[PROBLEM STATEMENT] Scan the data below for lines containing the string "filename" and give only how many there are.

Source data:
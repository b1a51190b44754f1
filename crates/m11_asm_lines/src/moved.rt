//! Labels that aren't at their locations in the map. (MACRO-11 Language Reference Manual, "Diagnostic error message summary", P.)

ghost use Rattle.std.specs.Prelude.{◌≡◌, false, option_copied};
ghost use Rattle.m11_asm_rules.specs.Definitions.{is_defined};
ghost use Rattle.m11_asm_lines.specs.Moved as spec;
ghost use Rattle.m11_scan.specs.Views.{bits_of};

use bitflags::Flags;
use m11_asm_rules::{Definition, Key, Map, Standing, Table};
use m11_base::Name;
use m11_scan::ErrorFlags;

// P for a new label, unless its last definition in the map makes it a label at the location counter.
pub(crate) fn moved_flag(map: &Map<'_>, table: &Table, key: &Key) -> ErrorFlags
    requires { is_defined key.now table.now.definitions ≡ false }
    ensures { bits_of result ≡ spec.moved_key map.now table.now key.now }
{
    ErrorFlags::P.when(!is_location_of(table, map.definition(key)))
}

// Whether there is a definition, and it is that of a label at the location counter.
fn is_location_of(table: &Table, found: Option<&Definition>) -> bool
    ensures { result ≡ spec.is_location_of table.now (option_copied found.entry) }
{
    match found {
        Some(definition) => {
            is_in(table.section_name(), definition.label)
                && is_at(table.location(), definition.standing)
        }
        None => false,
    }
}

// Whether a label is in this section. An assigned name is in none.
fn is_in(section: Name, label: Option<Name>) -> bool
    ensures { result ≡ spec.is_in section label }
{
    match label {
        Some(other) => other == section,
        None => false,
    }
}

fn is_at(location: u16, standing: Standing) -> bool
    ensures { result ≡ spec.is_at location standing }
{
    match standing {
        Standing::Known(number, _) => number == location,
        Standing::Unknown => false,
    }
}
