//! How traced runs end.

use m11_cpu::Stop;

/// How a traced run ends.
#[derive(Clone, Copy, PartialEq, Eq)]
pub enum Ending {
    /// At a stop that also ends an untraced run, such as HALT or the limit.
    Stopped(Stop),
    /// At a breakpoint, before the instruction there.
    Reached,
    /// After a step that changed the watched word with this address, the first one if the step stopped the run by several.
    Changed(u16),
}
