//! The memory words that a step changed.

ghost use Rattle.std.specs.Prelude.{◌≡◌, ◌≢◌, ◌<◌, ◌≤◌, ◌+◌, ◌*◌, ◌%◌, true, OnOk, length, slice_index};
ghost use Rattle.m11_cpu.specs.Messages.{PutsMessages};
ghost use Rattle.m11_cpu_machine.specs.Memory.{bytes_of, most_words, word_at};
ghost use Rattle.m11_trace.specs.Changes.{AreAlike, HaveSameWords, memory_changes, word_text};

use crate::line::{Line, add_word, put_text};
use m11_base::Sink;
use m11_cpu::{Memory, SimFault};

/// The size of the largest memory, in words.
pub(crate) const MOST_WORDS: usize = 28672;

/// The word at an even address, or 0 past the end of the memory.
#[tactic(auto, using(crate::proofs::Copies::no_word))]
pub(crate) fn word_or_none(memory: &Memory, address: u16) -> u16
    requires { address % 2 ≡ 0 }
    ensures { result ≡ word_at memory.now address }
{
    if memory.holds(address) {
        memory.word(address)
    } else {
        0
    }
}

/// Copies a memory into `words`: the index of each word is half its address. Past the end of the memory the words are 0.
pub(crate) fn copy_words(words: &mut [u16], memory: &Memory)
    requires { length words.old ≡ most_words }
    ensures size { length words.new ≡ most_words }
    ensures same { HaveSameWords (bytes_of words.new) memory.now }
{
    'words: for index in 0..MOST_WORDS {
        words[index] = word_or_none(memory, 2 * index as u16);
    }
}

// A word with its address, as a field of a trace line.
fn word_text(address: u16, word: u16) -> Line
    ensures { result.items ≡ word_text address word }
{
    let mut text = Line::new();
    add_word(&mut text, b"\t@#", address);
    add_word(&mut text, b" ", word);
    text
}

// Whether the eight words that begin at this index equal those of the memory. Also false if the memory doesn't have all eight.
// speed: with words compared one at a time, a line takes six times as long.
#[inline(always)]
fn are_alike(words: &[u16], memory: &Memory, index: usize) -> bool
    requires size { length words.now ≡ most_words }
    requires inside { index + 8 ≤ most_words }
    ensures { result ≡ true → AreAlike words.now memory.now index (index + 8) }
{
    let address = 2 * index as u16;
    if !memory.holds(address + 14) {
        return false;
    }
    let first = (words[index] ^ memory.word(address))
        | (words[index + 1] ^ memory.word(address + 2));
    let second = (words[index + 2] ^ memory.word(address + 4))
        | (words[index + 3] ^ memory.word(address + 6));
    let third = (words[index + 4] ^ memory.word(address + 8))
        | (words[index + 5] ^ memory.word(address + 10));
    let fourth = (words[index + 6] ^ memory.word(address + 12))
        | (words[index + 7] ^ memory.word(address + 14));
    first | second | (third | fourth) == 0
}

// The index of the first word at or after index `from` that differs from that of the memory; `MOST_WORDS` if there is none.
fn changed_from(words: &[u16], memory: &Memory, from: usize) -> usize
    requires size { length words.now ≡ most_words }
    requires inside { from ≤ most_words }
    ensures after { from ≤ result }
    ensures within { result ≤ most_words }
    ensures alike { AreAlike words.now memory.now from result }
    ensures changed { result < most_words → slice_index words.now result ≢ word_at memory.now (2 * result) }
{
    let mut index = from;
    'groups: while index + 8 <= MOST_WORDS && are_alike(words, memory, index) {
        index += 8;
    }
    'words: while index < MOST_WORDS && words[index] == word_or_none(memory, 2 * index as u16) {
        index += 1;
    }
    index
}

/// Writes the memory words that differ from their copy in `before`, in order of address, and updates the copy. Error: `Write`, if the
/// sink failed after part of them.
pub(crate) fn put_changes<M: Sink>(
    messages: &mut M,
    before: &mut [u16],
    memory: &Memory,
) -> Result<(), SimFault>
    requires { length before.old ≡ most_words }
    ensures puts { PutsMessages (M.text messages.old) (M.text messages.new) (M.faults messages.old) (M.faults messages.new)
        (memory_changes (bytes_of before.old) memory.now) result }
    ensures size { length before.new ≡ most_words }
    ensures same { OnOk result (HaveSameWords (bytes_of before.new) memory.now) }
{
    let mut index = changed_from(before, memory, 0);
    'changes: while index < MOST_WORDS {
        let address = 2 * index as u16;
        let word = word_or_none(memory, address);
        put_text(messages, word_text(address, word).as_slice())?;
        before[index] = word;
        index = changed_from(before, memory, index + 1);
    }
    Ok(())
}
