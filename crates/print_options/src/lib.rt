// Writers of the members of EDNS options. The definitions are in specs/ and in `options`.
#![tactic(auto)]

ghost use Rattle.std.specs.Prelude.{◌≡◌, ◌+◌, ◌*◌, ◌^◌, ◌<◌, ◌≤◌, length};
ghost use Rattle.octets.specs.Lists.{row_text};
ghost use Rattle.octets.specs.Writes.{Writes};
ghost use Rattle.options.specs.Codes.{defined};
ghost use Rattle.options.specs.Options.{hex_object, expiry, hex_list, padding, extended_error, members, other};
ghost use Rattle.options.specs.Options.{member_of, member_text};
ghost use Rattle.print_options.specs.Writing.{HasShape, shaped_text};

use octets::{Writer, be16_at, be32_at};
use options::{Syntax, all_zero};
use print_values::{put_error_tail, put_hex_text, put_list};

// The name of an option's member; none if the table has no row of its code.
#[tactic(auto, unfolding(octets::specs::Lists::row_text, options::specs::Options::rows, options::specs::Options::members))]
fn name(code: u32) -> &'static [u8]
    ensures name { result.now ≡ row_text code members }
    ensures upper_bound { length result.now ≤ 9 }
{
    match code {
        3 => b"NSID",
        5 => b"DAU",
        6 => b"DHU",
        7 => b"N3U",
        9 => b"EXPIRE",
        10 => b"COOKIE",
        11 => b"KEEPALIVE",
        12 => b"PADDING",
        14 => b"KEYTAG",
        15 => b"EDE",
        _ => b"",
    }
}

// `{"HEX":hex}`
fn put_hex_object(value: &[u8], w: &mut Writer)
    requires { (w.old.to < 2 ^ 38 + 32) × (length value.now < 65536) }
    ensures wrote { Writes w.old (shaped_text hex_object value.now) w.new }
    ensures upper_bound { w.new.to ≤ w.old.to + 4 * length value.now + 48 }
{
    put_hex_text(b"{\"HEX\":", value, w);
    w.put(b'}');
}

// `"NONE"` of no octets, a number of four.
fn put_expiry(value: &[u8], w: &mut Writer)
    requires { (w.old.to < 2 ^ 38 + 32) × (length value.now < 65536)
        × HasShape expiry value.now }
    ensures wrote { Writes w.old (shaped_text expiry value.now) w.new }
    ensures upper_bound { w.new.to ≤ w.old.to + 4 * length value.now + 48 }
{
    match value {
        [] => w.put_all(b"\"NONE\""),
        _ => w.put_decimal(be32_at(value, 0)),
    }
}

// A list of the first 8 octets in hexadecimal, and of those after them, if there are any.
fn put_hex_list(value: &[u8], w: &mut Writer)
    requires { (w.old.to < 2 ^ 38 + 32) × (length value.now < 65536)
        × HasShape hex_list value.now }
    ensures wrote { Writes w.old (shaped_text hex_list value.now) w.new }
    ensures upper_bound { w.new.to ≤ w.old.to + 4 * length value.now + 48 }
{
    let (first, second) = value.split_at(8);
    put_hex_text(b"[", first, w);
    if !second.is_empty() {
        put_hex_text(b",", second, w);
    }
    w.put(b']');
}

// The number of octets, and the octets in hexadecimal unless all are zero.
fn put_padding(value: &[u8], w: &mut Writer)
    requires { (w.old.to < 2 ^ 38 + 32) × (length value.now < 65536) }
    ensures wrote { Writes w.old (shaped_text padding value.now) w.new }
    ensures upper_bound { w.new.to ≤ w.old.to + 4 * length value.now + 48 }
{
    w.put_all(b"{\"LENGTH\":");
    w.put_decimal(value.len() as u32);
    let zero = all_zero(value);
    if !zero {
        put_hex_text(b",\"HEX\":", value, w);
    }
    w.put(b'}');
}

// The number in two octets, and the text after them.
fn put_error(value: &[u8], w: &mut Writer)
    requires { (w.old.to < 2 ^ 38 + 32) × (length value.now < 65536)
        × HasShape extended_error value.now }
    ensures wrote { Writes w.old (shaped_text extended_error value.now) w.new }
    ensures upper_bound { w.new.to ≤ w.old.to + 4 * length value.now + 48 }
{
    w.put_all(b"{\"CODE\":");
    w.put_decimal(be16_at(value, 0));
    put_error_tail(&value[2..], w);
}

// Writes a value that has the shape of its syntax.
fn put_value(syntax: Syntax, value: &[u8], w: &mut Writer)
    requires { (w.old.to < 2 ^ 38 + 32) × (length value.now < 65536)
        × HasShape (defined syntax) value.now }
    ensures wrote { Writes w.old (shaped_text (defined syntax) value.now) w.new }
    ensures upper_bound { w.new.to ≤ w.old.to + 4 * length value.now + 48 }
{
    match syntax {
        Syntax::HexObject => put_hex_object(value, w),
        Syntax::OctetList => put_list::<1>(value, w),
        Syntax::Expiry => put_expiry(value, w),
        Syntax::HexList => put_hex_list(value, w),
        Syntax::Word => w.put_decimal(be16_at(value, 0)),
        Syntax::Padding => put_padding(value, w),
        Syntax::WordList => put_list::<2>(value, w),
        Syntax::ExtendedError => put_error(value, w),
    }
}

// Writes the member of an option without a row, or whose value does not have the row's shape.
fn put_other(code: u32, value: &[u8], w: &mut Writer)
    requires { (w.old.to < 2 ^ 38) × (length value.now < 65536) }
    ensures wrote { Writes w.old (member_text (other code value.now)) w.new }
    ensures upper_bound { w.new.to ≤ w.old.to + 2 * length value.now + 18 }
{
    w.put_all(b"\"OPT");
    w.put_decimal(code);
    put_hex_text(b"\":", value, w);
}

// Writes the member of an option.
pub fn put_member(code: u32, value: &[u8], w: &mut Writer)
    requires { (w.old.to < 2 ^ 38) × (length value.now < 65536) }
    ensures wrote { Writes w.old
        (member_text (member_of (record { code = code; value = value.now }))) w.new }
    ensures upper_bound { w.new.to ≤ w.old.to + 4 * length value.now + 64 }
{
    match Syntax::of(code) {
        Some(syntax) if syntax.takes(value) => {
            w.put(b'"');
            w.put_all(name(code));
            w.put_all(b"\":");
            put_value(syntax, value, w);
        }
        _ => put_other(code, value, w),
    }
}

[EXERCISE ANSWER] 2